▸ Task item
Among the lines below, list those containing the string "match".

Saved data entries

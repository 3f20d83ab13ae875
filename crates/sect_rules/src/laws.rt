// What the rules decide. The functions do nothing: the contract of each is a law, for every world and move.

ghost use Rattle.sect_model.specs.Laws.{PathsTellMoves, MovesHavePaths};
ghost use Rattle.sect_model.specs.Stands.{MoveStands};

use sect_base::Move;
use sect_space::World;

/// A complete path breaks no rule exactly where its choices are an allowed move: the twenty rules,
/// tested decision by decision, are the conditions of a move, said of its choices alone.
pub fn a_complete_path_is_unbroken_exactly_where_its_choices_are_allowed(world: &World, mv: &Move)
    requires { MoveStands world.now.world mv.now }
    ensures { PathsTellMoves world.now.world mv.now }
{
    let _ = mv;
    world.recall_kept();
}

/// Each allowed move stands at the end of a path of options.
pub fn each_allowed_move_has_a_path(world: &World, mv: &Move)
    ensures { MovesHavePaths world.now.world mv.now }
{
    let _ = mv;
    world.recall_kept();
}
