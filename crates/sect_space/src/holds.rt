// Whether a student is enrolled in a course.

ghost use Rattle.std.specs.Prelude.{◌≡◌, ◌==◌};
ghost use Rattle.std.specs.List.{list_any};
ghost use Rattle.sect_model.specs.World.{holds as is_held};

use crate::world::World;
use sect_base::{CourseId, StudentId};
use sect_model::Enrolment;

impl World {
    /// Whether the student is enrolled in the course. It takes no memory.
    pub fn holds(&self, student: StudentId, course: CourseId) -> bool
        ensures { result ≡ is_held self.now.world student course }
    {
        has_course(self.enrolments(student), course)
    }
}

/// Whether one of the enrolments is in the course. It takes no memory.
pub fn has_course(enrolments: &[Enrolment], course: CourseId) -> bool
    ensures { result ≡ list_any (λ e. e.choice.course.0 == course.0) enrolments.now }
{
    enrolments
        .iter()
        .any(|enrolment| enrolment.choice.course == course)
}
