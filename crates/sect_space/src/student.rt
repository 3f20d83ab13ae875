// Changes of students and of what they ask for.

ghost use Rattle.std.specs.Prelude.{◌≡◌, IfOk, OnErr};
ghost use Rattle.sect_model.specs.Fits.{Fits};
ghost use Rattle.sect_model.specs.Kept.{KeptWorld};
ghost use Rattle.sect_space.specs.Back.{taken_back};
ghost use Rattle.sect_space.specs.Made.{Made, Unchanged, Taken, Ready};
ghost use Rattle.sect_space.specs.Parts.{roomed_of};

use crate::back::Back;
use crate::parts::Parts;
use sect_base::{Items, Memory, StudentId};
use sect_model::Change;
use sect_people::{Ask, StudentRow};

impl Parts {
    /// Adds a student, or replaces a known one's row. Where memory runs out, nothing is changed. A student who comes gets
    /// a slot, so that those who come in order of id stand behind one another in the roster.
    pub fn put_student(&mut self, row: StudentRow) -> Result<Back, Memory>
        ensures ok { IfOk result (λ back. Made (roomed_of self.old) (roomed_of self.new) (Change.Student row) back) }
        ensures err { OnErr result (Unchanged (roomed_of self.old) (roomed_of self.new)) }
    {
        self.make_slot(row.id)?;
        self.put_row(row)
    }

    /// Makes a slot in the roster for a student who is unknown. Where memory runs out, there is none more.
    fn make_slot(&mut self, student: StudentId) -> Result<(), Memory>
        ensures same { Unchanged (roomed_of self.old) (roomed_of self.new) }
    {
        if self.people.row(student).is_some() {
            return Ok(());
        }
        self.roster.add_slot(student)
    }

    /// Adds a student, or replaces a known one's row, with no room made.
    fn put_row(&mut self, row: StudentRow) -> Result<Back, Memory>
        ensures ok { IfOk result (λ back. Made (roomed_of self.old) (roomed_of self.new) (Change.Student row) back) }
        ensures err { OnErr result (self.new ≡ self.old) }
    {
        let id = row.id;
        match self.people.put_student(row)? {
            Some(old) => Ok(Back::StudentReplaced(old)),
            None => Ok(Back::StudentAdded(id)),
        }
    }

    /// Takes the last student off. There is one.
    pub fn remove_student(&mut self, id: StudentId)
        requires { Ready (roomed_of self.old) (Back.StudentAdded id) }
        ensures { Taken (roomed_of self.old) (roomed_of self.new) (Back.StudentAdded id) }
    {
        let _ = id;
        let _ = self.people.remove_last();
    }

    /// Puts the old row back. The student is known.
    pub fn restore_student(&mut self, row: StudentRow)
        requires { Ready (roomed_of self.old) (Back.StudentReplaced row) }
        ensures { Taken (roomed_of self.old) (roomed_of self.new) (Back.StudentReplaced row) }
    {
        match self.people.put_student(row) {
            Ok(_) => {}
            Err(Memory) => unreachable!(),
        }
    }

    /// Replaces what a known student asks for. It takes no memory.
    pub fn put_requests(&mut self, student: StudentId, asks: Items<Ask>) -> Back
        requires { Fits (roomed_of self.old).world (Change.Requests student asks) }
        ensures { Made (roomed_of self.old) (roomed_of self.new) (Change.Requests student asks) result }
    {
        let old = self.people.set_requests(student, asks);
        Back::RequestsReplaced(student, old)
    }

    /// Puts the old requests back. The student is known.
    pub fn restore_requests(&mut self, student: StudentId, asks: Items<Ask>)
        requires { Ready (roomed_of self.old) (Back.RequestsReplaced student asks) }
        ensures { Taken (roomed_of self.old) (roomed_of self.new) (Back.RequestsReplaced student asks) }
    {
        let _ = self.people.set_requests(student, asks);
    }
}
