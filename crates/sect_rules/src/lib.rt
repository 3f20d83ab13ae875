//! The options of a path of decisions, and the first rule that an option breaks.
#![tactic(auto)]

mod configured;
mod due;
mod joined;
pub mod laws;
mod nth;
mod on_course;
mod options;
mod parted;
mod path;
mod rows;
mod wanted;

pub use configured::Configured;
pub use due::{Due, Step, broken, step_at};
pub use joined::Joined;
pub use on_course::OnCourse;
pub use options::option;
pub use path::{Path, PathOf};
pub use sect_model::Pick;
pub use wanted::Wanted;
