// How many are enrolled at a level, and by a reservation.

ghost use Rattle.std.specs.Prelude.{◌≡◌};
ghost use Rattle.sect_model.specs.World.{is_of as course_is_of, used_by};
ghost use Rattle.sect_model.specs.Counts.{is_at as counts_at, count_of, counted_of, used_of, permits_over};
ghost use Rattle.sect_model.specs.Choice.{lists_section};

use crate::world::World;
use sect_base::{Choice, CourseId, Level, OfferingId, ReservationId, SectionId};
use sect_model::Enrolment;

impl World {
    /// The number of enrolments at the level. It takes no memory.
    #[inline(always)]
    pub fn count(&self, level: Level) -> u32
        ensures { result ≡ count_of self.now.world level }
    {
        self.numbers.count(level)
    }

    /// The number of enrolments at the level but for those by a reservation that permits over limit. It takes no memory.
    pub fn counted(&self, level: Level) -> u32
        ensures { result ≡ counted_of self.now.world level }
    {
        self.numbers.counted(level)
    }

    /// The number of enrolments by the reservation. It takes no memory.
    pub fn used(&self, id: ReservationId) -> u32
        ensures { result ≡ used_of self.now.world id }
    {
        self.numbers.used(id)
    }

    /// Whether the enrolment counts at the level. It takes no memory.
    pub fn is_at(&self, level: Level, enrolment: &Enrolment) -> bool
        ensures { result ≡ counts_at self.now.world level enrolment.now }
    {
        match level {
            Level::Course(id) => enrolment.choice.course == id,
            Level::Offering(id) => self.is_of(id, enrolment.choice.course),
            Level::Config(id) => enrolment.choice.config == id,
            Level::Section(id) => has_section(enrolment.choice.sections.as_slice(), id),
        }
    }

    /// Whether the course is one of this offering's. It takes no memory.
    pub fn is_of(&self, offering: OfferingId, course: CourseId) -> bool
        ensures { result ≡ course_is_of self.now.world offering course }
    {
        match self.catalogue().course(course) {
            Some((row, _)) => row.id == offering,
            None => false,
        }
    }

    /// Whether the choice is made by a reservation that permits over limit. It takes no memory.
    pub fn is_over_limit(&self, choice: &Choice) -> bool
        ensures { result ≡ permits_over (used_by self.now.world choice.now) }
    {
        self.parts.is_over_limit(choice)
    }
}

/// Whether the section is among these.
fn has_section(sections: &[SectionId], id: SectionId) -> bool
    ensures { result ≡ lists_section sections.now id }
{
    sections.iter().any(|section| *section == id)
}
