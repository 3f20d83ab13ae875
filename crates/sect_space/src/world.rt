// The world: offerings, students, reservations, restrictions, enrolments, and a day.

ghost use Rattle.std.specs.Prelude.{◌≡◌, map, option_copied, IfOk, IsTrue};
ghost use Rattle.std.specs.Option.{is_some};
ghost use Rattle.sect_people.specs.Order.{sorted_by};
ghost use Rattle.sect_people.specs.Student.{find_student};
ghost use Rattle.sect_model.specs.World.{empty_world, held_by, reservation_of};
ghost use Rattle.sect_model.specs.Batch.{asks_of};
ghost use Rattle.sect_model.specs.Allowed.{reservations_of, restrictions_of, credits_held as credits_of_student};
ghost use Rattle.sect_model.specs.Refusals.{restriction_of};
ghost use Rattle.sect_model.specs.Kept.{KeptWorld};
ghost use Rattle.sect_weeks.specs.Busy.{IsWeekOf};

use crate::parts::Parts;
use sect_base::{Calendar, Day, Memory, OfferingId, ReservationId, RestrictionId, StudentId};
use sect_catalog::Catalogue;
use sect_model::Enrolment;
use sect_numbers::Numbers;
use sect_people::{Ask, People};
use sect_reserve::{Reservation, Restriction};
use sect_roster::{Reservations, Restrictions, Roster};
use sect_weeks::Weeks;
use std::alloc::Global;
use std::marker::Model;

/// What the desk knows of offerings, students and enrolments, on a day. No limit is passed in it, and no student holds what
/// may not be held together. Contracts see it as its lists, with the room that these have.
pub struct World {
    pub(crate) parts: Parts,
    pub(crate) numbers: Numbers,
    pub(crate) weeks: Weeks,
}

/// It is written out, so that a caller does not prove again how each part is dropped.
impl Drop for World {
    fn drop(self) {
        let World {
            parts: _,
            numbers: _,
            weeks: _,
        } = self;
    }
}

impl Model for World {
    ghost use Rattle.sect_space.specs.Roomed.{Roomed};
    ghost use Rattle.sect_space.specs.Parts.{numbered_of, Followed};

    ghost Value = { Roomed };

    ghost view = { λ w. numbered_of w.parts w.numbers };

    ghost invariant = { λ w. Followed w.parts w.numbers w.weeks };
}

/// The day from which days are counted.
fn first_day() -> Day
    ensures { result ≡ 0 }
{
    match Day::new(0) {
        Some(day) => day,
        None => unreachable!(),
    }
}

impl World {
    /// No rows, on day 0. It takes no memory.
    pub fn empty(alloc: Global) -> World
        ensures { result.world ≡ empty_world }
    {
        World {
            parts: Parts {
                catalogue: Catalogue::empty(alloc),
                people: People::empty(alloc),
                reservations: Reservations::empty(alloc),
                restrictions: Restrictions::empty(alloc),
                roster: Roster::empty(alloc),
                day: first_day(),
            },
            numbers: Numbers::empty(alloc),
            weeks: Weeks::empty(alloc),
        }
    }

    /// Does nothing: the contract tells what holds of every world.
    pub fn recall_kept(&self)
        ensures { KeptWorld self.now.world }
    {
        let _ = &self.parts.day;
    }

    /// The offerings. It takes no memory.
    pub fn catalogue(&self) -> &Catalogue
        ensures { result.now ≡ self.now.world.catalogue }
    {
        &self.parts.catalogue
    }

    /// The students. It takes no memory.
    pub fn people(&self) -> &People
        ensures { result.now ≡ self.now.world.students }
    {
        &self.parts.people
    }

    /// What a student asks for, in order of rank. Nothing where the student is unknown. It takes no memory.
    pub fn asks(&self, student: StudentId) -> &[Ask]
        ensures { result.now ≡ asks_of self.now.world student }
    {
        match self.parts.people.asks(student) {
            Some(asks) => asks,
            None => &[],
        }
    }

    /// The reservations of an offering, in the order of their coming. None where the offering is unknown. It takes no memory.
    pub fn reservations(&self, offering: OfferingId) -> &[Reservation]
        ensures { result.now ≡ reservations_of self.now.world offering }
    {
        self.parts.reservations.of_offering(offering)
    }

    /// The restrictions of an offering, in the order of their coming. None where the offering is unknown. It takes no memory.
    pub fn restrictions(&self, offering: OfferingId) -> &[Restriction]
        ensures { result.now ≡ restrictions_of self.now.world offering }
    {
        self.parts.restrictions.of_offering(offering)
    }

    /// The ids of all reservations, in rising order.
    pub fn reservation_ids(&self, alloc: Global) -> Result<Vec<ReservationId>, Memory>
        ensures { IfOk result (λ ids. ids.items ≡ map (λ r. r.id) (sorted_by (λ r. r.id.0) self.now.world.reservations)) }
    {
        self.parts.reservations.ids(alloc)
    }

    /// The reservation of an id. None exactly where no row has it. It takes no memory.
    pub fn reservation(&self, id: ReservationId) -> Option<&Reservation>
        ensures { option_copied result ≡ reservation_of self.now.world id }
    {
        self.parts.reservations.get(id)
    }

    /// The restriction of an id. None exactly where no row has it. It takes no memory.
    pub fn restriction(&self, id: RestrictionId) -> Option<&Restriction>
        ensures { option_copied result ≡ restriction_of self.now.world id }
    {
        self.parts.restrictions.get(id)
    }

    /// What a student holds, in the order in which it was enrolled. It takes no memory.
    pub fn enrolments(&self, student: StudentId) -> &[Enrolment]
        ensures { result.now ≡ held_by self.now.world student }
    {
        self.parts.roster.of_student(student)
    }

    /// The slots of the week in which the sections that a known student holds meet. It takes no memory.
    pub fn calendar(&self, student: StudentId) -> &Calendar
        requires { IsTrue (is_some (find_student self.now.world.students student)) }
        ensures { IsWeekOf result.now self.now.world student }
    {
        match self.weeks.get(student) {
            Some(calendar) => calendar,
            None => unreachable!(),
        }
    }

    /// The credits of the courses that the student holds, where an unknown one counts 0. It takes no memory.
    pub fn credits_held(&self, student: StudentId) -> usize
        ensures { result ≡ credits_of_student self.now.world student }
    {
        self.weeks.credits(student)
    }

    /// All enrolments, in rising order of student, and for one student in the order in which they were made.
    pub fn roster(&self, alloc: Global) -> Result<Vec<Enrolment>, Memory>
        ensures { IfOk result (λ roster. roster.items ≡ self.now.world.roster) }
    {
        self.parts.roster.list(alloc)
    }

    /// The day. It takes no memory.
    pub fn day(&self) -> Day
        ensures { result ≡ self.now.world.day }
    {
        self.parts.day
    }
}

▸ Exercise solution
        match self.people.put_student(row)? {
        match self.people.put_student(row) {
        match level {
        match self.catalogue().course(course) {
    match Day::new(0) {
        match self.parts.people.asks(student) {
        match self.weeks.get(student) {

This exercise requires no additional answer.